Drawing together a wide range of religious representatives -- from the pontiff; to Anglican and evangelical leaders; to Rabbi Jonathan Sacks, the former chief rabbi of the UK; to representatives of Buddhist, Taoist and Jain traditions -- the conference is centered on the idea that men and women have a type of complementarity that is uniquely important for marriage.

While speakers at the event have shied away from directly addressing or criticizing same-sex unions, most left little doubt about their view of such relationships.

On that subject, Francis himself said: "Children have the right to grow up in a family, with a father and a mother, able to create a suitable environment for their development and their emotional maturation."

The pontiff also said "today marriage and the family are in crisis."

"We now live in a culture of the temporary, in which more and more people are simply giving up on marriage as a public commitment," said Francis.

"This revolution in manners and morals has often flown the flag of freedom, but in fact it has brought spiritual and material devastation to countless human beings, especially the poorest and most vulnerable."

German Cardinal Gerhard Muller, prefect of the Vatican's Congregation for the Doctrine of the Faith, spoke after the pontiff and focused his remarks on the male and female imagery found in the creation stories of Genesis.

Tying the imagery of the Adam and Eve in the Genesis story to mankind's relationship with God, Muller stated: "When we forget sexual difference, then it becomes difficult to understand the marriage bond between God and his people."

Muller also said children have a right to parents, stating: "Children have a right to grow up with a father and a mother."

The Vatican's Congregation for the Doctrine of the Faith is one of the events' four sponsors.

Sacks, who also is a member of Britain's House of Lords, made the only oblique reference to same-sex marriage during Monday's morning session.

Mentioning the story of Alan Turing, an early 20th century gay British mathematician who was punished with chemical castration because of his sexual orientation, Sacks said: "That's the kind of world to which we should never return."

"But our compassion for those who choose to live differently should not prohibit us from being advocates," said Sacks, referring to traditional marriage as "the best means for which we have discovered for nurturing future generations."

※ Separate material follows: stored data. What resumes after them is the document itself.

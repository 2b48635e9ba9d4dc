// Show the line: the part of the sheet or of the log that the check's refusal is about.
#![tactic(auto)]

ghost use Rattle.std.specs.Prelude.{◌≡◌, ◌≤◌, min, length};
ghost use Rattle.refusal.specs.Refusal.{number};
ghost use Rattle.line.specs.Showing.{part, line_part, part_of, shown_line, Inside, Stands};
ghost use Rattle.line.specs.Numbered.{is_log, numbered};

use refusal::Refusal;

// The text that a part is of.
#[derive(Clone, Copy, Debug, PartialEq, Eq)]
pub enum Text {
    Sheet,
    Log,
}

impl Text {
    pub fn is_log(self) -> bool
        ensures { result ≡ is_log self }
    {
        match self {
            Text::Sheet => false,
            Text::Log => true,
        }
    }
}

// The check's refusal, if there is one, and the part that it is about: of which text, from where to where.
#[derive(Clone, Copy)]
pub struct Part {
    pub refusal: Option<Refusal>,
    pub text: Text,
    pub from: usize,
    pub to: usize,
}

// The first line of a text: its first `most` bytes, or all if it is shorter.
fn front_part(bytes: &[u8], text: Text, refusal: Refusal, most: usize) -> Part
    ensures { numbered result ≡ part (number refusal) (is_log text) 0 (min most (length bytes.now)) }
{
    Part {
        refusal: Some(refusal),
        text,
        from: 0,
        to: most.min(bytes.len()),
    }
}

// What a refusal is about, of a text whose first line has `first` bytes and whose other lines have `wide`: for the refusals from low to high the line, else the
// first line.
fn line_part(
    bytes: &[u8],
    text: Text,
    first: usize,
    wide: usize,
    low: u32,
    high: u32,
    refusal: Refusal,
    line: u32,
) -> Part
    requires { low ≤ number refusal → number refusal ≤ high → Stands (length bytes.now) first wide line }
    ensures { numbered result ≡ line_part (is_log text) first wide low high bytes.now (number refusal) line }
{
    let asked = refusal.number();
    if asked < low || high < asked {
        return front_part(bytes, text, refusal, first);
    }
    let from = first + wide * (line as usize - 1);
    Part {
        refusal: Some(refusal),
        text,
        from,
        to: from + wide,
    }
}

// Which part the check's refusal is about; nothing refused, the empty part at the sheet's front.
pub fn shown_part(sheet: &[u8], log: &[u8]) -> Part
    ensures answer { numbered result ≡ part_of sheet.now log.now }
    ensures inside { Inside sheet.now log.now (numbered result) }
{
    let mut rows = [0u32; sheet::SHEET_ROOM];
    if let Err(refused) = sheet::load_sheet(sheet, &mut rows) {
        let refusal = Refusal::Sheet(refused.refusal);
        return line_part(sheet, Text::Sheet, 7, 35, 4, 10, refusal, refused.row);
    }
    let mut run = run::Run::new();
    if let Err(refused) = runlog::load_log(log, &mut run) {
        let refusal = Refusal::Log(refused.refusal);
        return line_part(log, Text::Log, 28, 15, 24, 26, refusal, refused.line);
    }
    Part {
        refusal: None,
        text: Text::Sheet,
        from: 0,
        to: 0,
    }
}

// Hands back the bytes of the line that the check's refusal is about. It refuses nothing.
pub fn show_line<'a>(sheet: &'a [u8], log: &'a [u8]) -> &'a [u8]
    ensures { result.now ≡ shown_line sheet.now log.now }
{
    let part = shown_part(sheet, log);
    let bytes = match part.text {
        Text::Sheet => sheet,
        Text::Log => log,
    };
    &bytes[part.from..part.to]
}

During his address, Francis also urged the conference participants not to think of complementarity as a "simplistic idea that all the roles and relations of the two sexes are fixed in a single, static pattern."

"Complementarity will take many forms as each man and woman brings his or her distinctive contributions to their marriage and to the formation of their children -- his or her personal richness, personal charisma," said the pontiff.

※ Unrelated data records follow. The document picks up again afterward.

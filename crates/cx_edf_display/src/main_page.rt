//! The main page of a display.
ghost use Rattle.std.specs.Prelude.{◌≡◌, ◌∷◌, [], ◌+◌, ◌<◌, ◌≤◌, ◌^◌, Some, codes, map};
ghost use Rattle.std.specs.List.{AllByRecursion};
ghost use Rattle.std.specs.Option.{option_and_then};
ghost use Rattle.cx_storage.specs.Address.{address_in};
ghost use Rattle.cx_storage.specs.Word.{halfword_at, word_at};
ghost use Rattle.cx_base.specs.Texts.{shown_text};
ghost use Rattle.cx_region_bytes.specs.Rows.{quarters};
ghost use Rattle.cx_edf_display.specs.Texts.{with_page_line, with_page_lines};
ghost use Rattle.cx_edf_display.specs.Displays.{argument, arguments, arguments_due, displayed_command, eib_bytes, eib_line, heading, list_of_seen, main_page, name_of_function, outcome, registers, state_line, stop_status, task_heading, task_lines};

use crate::seen::{Seen, halfword, word};
use cx_base::{Command, EibField, Page, decimal, hexadecimal, shown_bytes};
use cx_ebcdic::Name4;
use cx_edf::{Ending, StopPoint};
use cx_region::Region;
use cx_region_bytes::{character_group, hex_at, hex_group, read_bytes};
use cx_storage::{Store, address_after, address_in};

/// Line 24.
const KEYS: &[u8] =
    b"ENTER GO ON  PF3 END  PF4 SUPPRESS  PF5 STORAGE  PF6 USER  PF9 STOP  PF10 BACK";

/// The main page: what is due or was done, and what the task has, where it is seen.
pub(crate) fn main_page<S: Store + Drop>(
    region: &Region<S>,
    name: Name4,
    kind: &StopPoint,
    task: &Option<Seen>,
) -> Page
    ensures { result ≡ main_page region.now.shared.storage name kind.now task.now }
{
    let mut page = Page::blank();
    put_heading(&mut page, name, task);
    page.put_line(2, &[b"STATUS ", stop_status(kind)]);
    put_task(&mut page, region, kind, task);
    put_outcome(&mut page, kind);
    page.put_line(24, &[KEYS]);
    page
}

/// Line 1.
fn put_heading(page: &mut Page, name: Name4, task: &Option<Seen>)
    ensures { page.new ≡ with_page_line page.old 1 (task_heading name task.now) }
{
    let terminal = shown_bytes(&name.bytes());
    let Some(task) = task else {
        return put_names(page, *b"    ", *b"        ", *b"       ", terminal);
    };
    let tran = shown_bytes(&task.tran.bytes());
    let program = shown_bytes(&task.program.bytes());
    put_names(page, tran, program, decimal::<7>(task.number), terminal);
}

/// Line 1 of these texts.
fn put_names(page: &mut Page, tran: [u8; 4], program: [u8; 8], number: [u8; 7], terminal: [u8; 4])
    ensures { page.new ≡ with_page_line page.old 1 (heading tran program number terminal) }
{
    page.put_line(
        1,
        &[
            b"TRANSACTION ",
            &tran,
            b"  PROGRAM ",
            &program,
            b"  TASK ",
            &number,
            b"  TERMINAL ",
            &terminal,
        ],
    );
}

/// Lines 3 to 20, where there is a task.
#[tactic(auto, using(crate::proofs::LineLemmas::lines_joined))]
fn put_task<S: Store + Drop>(
    page: &mut Page,
    region: &Region<S>,
    kind: &StopPoint,
    task: &Option<Seen>,
)
    ensures { page.new ≡ with_page_lines page.old (task_lines region.now.shared.storage kind.now task.now) }
{
    let Some(task) = task else {
        return;
    };
    page.put_line(3, &[b"COMMAND ", displayed_command(region, kind, task)]);
    put_arguments_due(page, region, kind, task);
    put_registers(page, task);
    put_state(page, task);
    put_eib(page, region, task);
}

/// What line 2 says.
fn stop_status(kind: &StopPoint) -> &'static [u8]
    ensures { result.now ≡ stop_status kind.now }
{
    match kind {
        StopPoint::Before => b"ABOUT TO EXECUTE COMMAND",
        StopPoint::After(_) => b"COMMAND EXECUTION COMPLETE",
        StopPoint::Exit(_) => b"ABEND EXIT TAKEN",
        StopPoint::Over(Ending::Ended) => b"TASK TERMINATION",
        StopPoint::Over(Ending::Abended(_)) => b"TASK ABENDED",
    }
}

/// The command's name on line 3: before it by the block, after it by EIBFN.
#[tactic(auto, unfolding(crate::specs::Displays::displayed_command))]
fn displayed_command<S: Store + Drop>(
    region: &Region<S>,
    kind: &StopPoint,
    task: &Seen,
) -> &'static [u8]
    ensures { result.now ≡ displayed_command region.now.shared.storage task.now kind.now }
{
    match kind {
        StopPoint::Before => name_of_function(function_due(region, task)),
        StopPoint::After(_) => name_of_function(halfword(
            region,
            address_after(task.eib, EibField::Fn.offset()),
        )),
        StopPoint::Exit(_) => b"",
        StopPoint::Over(_) => b"",
    }
}

/// The function value of the block that register 1 leads to.
fn function_due<S: Store + Drop>(region: &Region<S>, task: &Seen) -> Option<u16>
    ensures { result ≡ option_and_then (λ w. halfword_at region.now.shared.storage (address_in w))
        (word_at region.now.shared.storage (list_of_seen task.now)) }
{
    let first = word(region, address_in(task.regs[1]))?;
    halfword(region, address_in(first))
}

/// The name of a function's command; a question mark where there is none.
#[tactic(auto, unfolding(crate::specs::Displays::name_of_function))]
fn name_of_function(function: Option<u16>) -> &'static [u8]
    ensures { result.now ≡ name_of_function function }
{
    let Some(function) = function else {
        return b"?";
    };
    let Some(command) = Command::from_function(function) else {
        return b"?";
    };
    command.name().as_bytes()
}

/// The numbers of the arguments that are shown.
const NUMBERS: [u32; 11] = [0, 1, 2, 3, 4, 5, 6, 7, 8, 9, 10];

/// Lines 4 to 14, before a command.
fn put_arguments_due<S: Store + Drop>(
    page: &mut Page,
    region: &Region<S>,
    kind: &StopPoint,
    task: &Seen,
)
    ensures { page.new ≡ with_page_lines page.old (arguments_due region.now.shared.storage task.now kind.now) }
{
    match kind {
        StopPoint::Before => put_arguments(page, region, address_in(task.regs[1]), &NUMBERS),
        StopPoint::After(_) => (),
        StopPoint::Exit(_) => (),
        StopPoint::Over(_) => (),
    }
}

/// The arguments with these numbers, up to the last one of the list.
#[tactic(auto, unfolding(crate::specs::Displays::arguments))]
fn put_arguments<S: Store + Drop>(page: &mut Page, region: &Region<S>, list: u32, numbers: &[u32])
    requires { AllByRecursion (λ k. k ≤ 10) numbers.now }
    ensures { page.new ≡ with_page_lines page.old (arguments region.now.shared.storage list numbers.now) }
{
    let Some((k, rest)) = numbers.split_first() else {
        return;
    };
    let Some(argument) = word(region, address_after(list, 4 * *k)) else {
        return;
    };
    put_argument(page, region, *k, address_in(argument));
    if argument < 0x8000_0000 {
        put_arguments(page, region, list, rest);
    }
}

/// An argument's line.
fn put_argument<S: Store + Drop>(page: &mut Page, region: &Region<S>, k: u32, address: u32)
    requires { k ≤ 10 }
    ensures { page.new ≡ with_page_line page.old (k + 4) (argument region.now.shared.storage k address) }
{
    let number = decimal::<2>(k);
    let place = hexadecimal::<6>(address);
    let mut bytes = [None; 16];
    read_bytes(region, address, &mut bytes);
    let a = hex_group(&bytes, 0);
    let b = hex_group(&bytes, 4);
    let c = hex_group(&bytes, 8);
    let d = hex_group(&bytes, 12);
    let e = character_group(&bytes, 0);
    let f = character_group(&bytes, 4);
    let g = character_group(&bytes, 8);
    let h = character_group(&bytes, 12);
    page.put_line(
        k as usize + 4,
        &[
            b"ARG ", &number, b" ", &place, b"  ", &a, &b, &c, &d, b"  ", &e, &f, &g, &h,
        ],
    );
}

/// Lines 15 to 18.
fn put_registers(page: &mut Page, task: &Seen)
    ensures { page.new ≡ with_page_lines page.old (map (registers task.now.regs) quarters) }
{
    put_four(page, &task.regs, 0);
    put_four(page, &task.regs, 4);
    put_four(page, &task.regs, 8);
    put_four(page, &task.regs, 12);
}

/// Four registers on a line.
fn put_four(page: &mut Page, regs: &[u32; 16], k: u32)
    requires { k ≤ 12 }
    ensures { page.new ≡ with_page_lines page.old (registers regs.now k ∷ []) }
{
    let first = k as usize;
    let number = decimal::<2>(k);
    let a = hexadecimal::<8>(regs[first]);
    let b = hexadecimal::<8>(regs[first + 1]);
    let c = hexadecimal::<8>(regs[first + 2]);
    let d = hexadecimal::<8>(regs[first + 3]);
    page.put_line(
        15 + first / 4,
        &[b"R", &number, b" ", &a, b" ", &b, b" ", &c, b" ", &d],
    );
}

/// Line 19.
fn put_state(page: &mut Page, task: &Seen)
    ensures { page.new ≡ with_page_line page.old 19 (state_line task.now) }
{
    let code = decimal::<1>(u32::from(task.cc));
    let next = hexadecimal::<6>(task.next);
    page.put_line(19, &[b"CC ", &code, b"  NEXT ", &next]);
}

/// The bytes of a field of the EIB.
fn eib_bytes<S: Store + Drop, const N: usize>(
    region: &Region<S>,
    task: &Seen,
    field: EibField,
) -> [Option<u8>; N]
    requires { N < 2 ^ 32 }
    ensures { result ≡ eib_bytes region.now.shared.storage task.now field N }
{
    let mut bytes = [None; N];
    read_bytes(region, address_after(task.eib, field.offset()), &mut bytes);
    bytes
}

/// Line 20.
fn put_eib<S: Store + Drop>(page: &mut Page, region: &Region<S>, task: &Seen)
    ensures { page.new ≡ with_page_line page.old 20 (eib_line region.now.shared.storage task.now) }
{
    let function = eib_bytes::<S, 2>(region, task, EibField::Fn);
    let a = hex_at(&function, 0);
    let b = hex_at(&function, 1);
    let c = hex_group(&eib_bytes::<S, 4>(region, task, EibField::Resp), 0);
    let d = hex_at(&eib_bytes::<S, 1>(region, task, EibField::Aid), 0);
    let length = eib_bytes::<S, 2>(region, task, EibField::Calen);
    let e = hex_at(&length, 0);
    let f = hex_at(&length, 1);
    page.put_line(
        20,
        &[
            b"EIBFN ",
            &a,
            &b,
            b"  EIBRESP ",
            &c,
            b"  EIBAID ",
            &d,
            b"  EIBCALEN ",
            &e,
            &f,
        ],
    );
}

/// Line 21.
fn put_outcome(page: &mut Page, kind: &StopPoint)
    ensures { page.new ≡ with_page_line page.old 21 (outcome kind.now) }
{
    match kind {
        StopPoint::Before => page.put_line(21, &[]),
        StopPoint::After(condition) => {
            page.put_line(21, &[b"RESPONSE ", condition.name().as_bytes()]);
        }
        StopPoint::Exit(code) => put_abend(page, code),
        StopPoint::Over(Ending::Ended) => page.put_line(21, &[]),
        StopPoint::Over(Ending::Abended(code)) => put_abend(page, code),
    }
}

/// Line 21 at an abend.
fn put_abend(page: &mut Page, code: &Name4)
    ensures { page.new ≡ with_page_line page.old 21 (codes "ABEND " ∷ shown_text code.now ∷ []) }
{
    let code = shown_bytes(&code.bytes());
    page.put_line(21, &[b"ABEND ", &code]);
}
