//! Displays.
ghost use Rattle.cx_edf_display.specs.Displays.{display_of};

use crate::main_page::main_page;
use crate::seen::Seen;
use crate::storage_page::{storage_page, user_page};
use cx_ebcdic::Name4;
use cx_edf::{Display, MakesDisplays, StopPoint};
use cx_region::Region;
use cx_storage::Store;

/// The displays that EDF shows: a main page, the working storage, and the user's screen.
pub struct EdfDisplays;

impl MakesDisplays for EdfDisplays {
    ghost make = { display_of };

    #[tactic(auto, unfolding(crate::specs::Displays::display_of))]
    fn take<S: Store + Drop>(region: &Region<S>, name: Name4, kind: &StopPoint) -> Display {
        let task = Seen::at(region, name, kind);
        let main = main_page(region, name, kind, &task);
        let storage = storage_page(region, &task);
        let user = user_page(region, name);
        Display {
            kind: *kind,
            main,
            storage,
            user,
        }
    }
}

"Complementarity becomes a great wealth," he continued. "It is not just a good thing but it is also beautiful."

Also speaking at the conference Monday morning was Mercy Sr. M. Prudence Allen, an American who was recently appointed as a member of the Vatican's International Theological Commission.

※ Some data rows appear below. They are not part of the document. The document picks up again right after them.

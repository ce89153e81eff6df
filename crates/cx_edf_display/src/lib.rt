//! EDF's displays: three pages of what can be seen of a task where it stops.
#![tactic(auto)]

mod displays;
mod main_page;
mod seen;
mod storage_page;

pub use displays::EdfDisplays;
#[doc(hidden)]
pub use seen::Seen;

In her remarks, Allen warned against gender and sex ideology, which she said were founded on "deceptive methods."

Those ideologies, she said, "distort the true equal dignity and difference of women and men."

"Like a cancerous cell these ideologies grow, often obliterating the true meaning of marriage," Allen said.

The other Vatican offices sponsoring the complementarity conference are Pontifical Council for the Family, the Pontifical Council for Inter-religious Dialogue, and the Pontifical Council for the Promotion of Christian Unity.

Other speakers in coming days include: Rev. Dr. Rick Warren, the popular American evangelical pastor; Rev. Dr. Russell Moore, president of the Southern Baptist Ethics and Religious Liberty Commission; and Chaput, the Philadelphia archbishop.

The presentations are being accompanied by a number of films specially made for the event on a number of subjects, including: "The Destiny of Humanity: On the Meaning of Marriage," "A Hidden Sweetness: The Power of Marriage Against Hardship," and "Challenge and Hope for a New Generation."